Assignment: In the records below, find the line containing "READ asks for." and restate it and all lines after it exactly, through the last line.

::: Records shown

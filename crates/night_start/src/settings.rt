//! How a walk asks.

use tree_starts::START_LIMIT;

/// How a walk asks, and whether the export has to be empty.
#[derive(Clone, Copy)]
pub struct Settings {
    /// The most bytes that a READ asks for.
    pub piece: u32,
    /// The most bytes of a page of a list: `count` of READDIR, `maxcount` of READDIRPLUS.
    pub page: u32,
    /// An export that holds anything is refused.
    pub is_empty: bool,
    /// The most objects that may be found below the root: a start in a history has at most `START_LIMIT`.
    pub objects: usize,
}

impl Settings {
    /// Pieces of 65,536 bytes and pages of 32,768, which common servers give whole.
    pub const COMMON: Settings = Settings {
        piece: 65_536,
        page: 32_768,
        is_empty: false,
        objects: START_LIMIT,
    };
}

::::::

Output for this task:
    /// The most bytes that a READ asks for.
    pub piece: u32,
    /// The most bytes of a page of a list: `count` of READDIR, `maxcount` of READDIRPLUS.
    pub page: u32,
    /// An export that holds anything is refused.
    pub is_empty: bool,
    /// The most objects that may be found below the root: a start in a history has at most `START_LIMIT`.
    pub objects: usize,
}

impl Settings {
    /// Pieces of 65,536 bytes and pages of 32,768, which common servers give whole.
    pub const COMMON: Settings = Settings {
        piece: 65_536,
        page: 32_768,
        is_empty: false,
        objects: START_LIMIT,
    };
}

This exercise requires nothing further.